I have conformed to something else, something that is not from this land, my homeland, something alien. Am I merely an assimilation, a French derivative? an Arab man, or a French man? Can I be both? Or am I neither? Just a mix – a mut – a new breed, that has lost their lineage, their heritage, their culture, and their place. The window stands confused, Its Moorish extravagance, of exaggerated arches, and intricate ornamentation. An Arab archetype that has some how mingled, with another genealogy. The taboo mixing of cultures. The Corinthian columns dominate and control the infrastructure, the new support system that the window now depends on to hold its self-up and stand grandly for those to look through.

The streets of Beirut amaze me sometimes. There is beauty that can be found in the disarray and the mess, a Frankenstein of materials that somehow have been put together. The individual spaces that the citizens have made their own, unorganized and …. Wait……,What is that. The streets have started to align. The winding irregular shapes of the urban landscape have narrowed in. I can see what looks to be a clock on a tower. I continue walking further down the street and continue to notice that the streets are all pointing towards this one tower of a clock. The next street the same and the next and the next . . . . I give in. I have been drawn in. A sign lets me know that I have entered Place de étoile. The architecture of the buildings has changed to something to being ordered, every building complements the next as if it was connected, as if it were one building. It is hard for me to form a distinction between them. I check my google maps to find I’m in the heart of Beirut’s City Centre. This out of place layout reminds me of something pulled out of Paris, Collaged . . . . slapped onto Beirut. I finally reach the clock tower, the center piece of the city, Rolex written on the clocks face.

What is the state of our government, what has happened to all the promises of reform?

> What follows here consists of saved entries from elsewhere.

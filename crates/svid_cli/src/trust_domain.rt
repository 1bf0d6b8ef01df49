//! The bundle of one trust domain, as SPIRE prints it, turned into an object of trust domains.
ghost use Rattle.std.specs.Prelude.{◌≡◌, IfErr, IfOk};
ghost use Rattle.svid_documents.specs.Join.{IsJoined};
ghost use Rattle.svid_cli.specs.TrustDomain.{IsNoBundleOf, bundle_fault, only};

use std::alloc::Global;
use svid_documents::{Document, DocumentFault, join};
use svid_keys::BundleFault;

fn bundle_fault(fault: DocumentFault) -> BundleFault
    ensures { result ≡ bundle_fault fault }
{
    match fault {
        DocumentFault::NotObject | DocumentFault::Unnamed => BundleFault::NotObject,
        DocumentFault::Domain(index) | DocumentFault::Twice(index) => BundleFault::Domain(index),
        DocumentFault::Keys(index) => BundleFault::Keys(index),
        DocumentFault::OutOfMemory => BundleFault::OutOfMemory,
    }
}

/// An object of trust domains with the bundle of one.
pub fn bundles_of(alloc: Global, domain: &str, text: &[u8]) -> Result<Vec<u8>, BundleFault>
    ensures ok { IfOk result (λ bundles. IsJoined (only domain.now text.now) bundles.items) }
    ensures fault { IfErr result (IsNoBundleOf domain.now text.now) }
{
    match join(alloc, &[Document::Bundle { domain, text }]) {
        Ok(bundles) => Ok(bundles),
        Err(given) => Err(bundle_fault(given.fault)),
    }
}
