/// How an argument is given.
pub enum Form {
    /// As a word.
    Word,
    /// As words, at least so many.
    Words(usize),
    /// As `--name VALUE`.
    Named,
    /// As `--name VALUE`, any number of times.
    Repeated,
    /// As `--name N`, a number.
    Number,
    /// As `--name`, without a value.
    Flag,
}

Our leaders have left and abandoned their positions; they have abandoned us. . . Is there anyone to fill their shoes and take ownership. So many questions are raised but we have given up hope. Hope in our government, Hope in rebelling and protesting, Hope in finding an outcome, a resolution, a change . . . . . . . . . . . . . . . Its hopeless. If my government can’t help us then how can I help myself, we must seek help! I want to stand strong, to be patriotic, to hold my head up high and call myself a beiruti. But we need the French. . . . I submit, maybe things where better when they were in control No! I hang my head in shame to how reliant I have become . . . . . . dependent . . . . . . We Give up.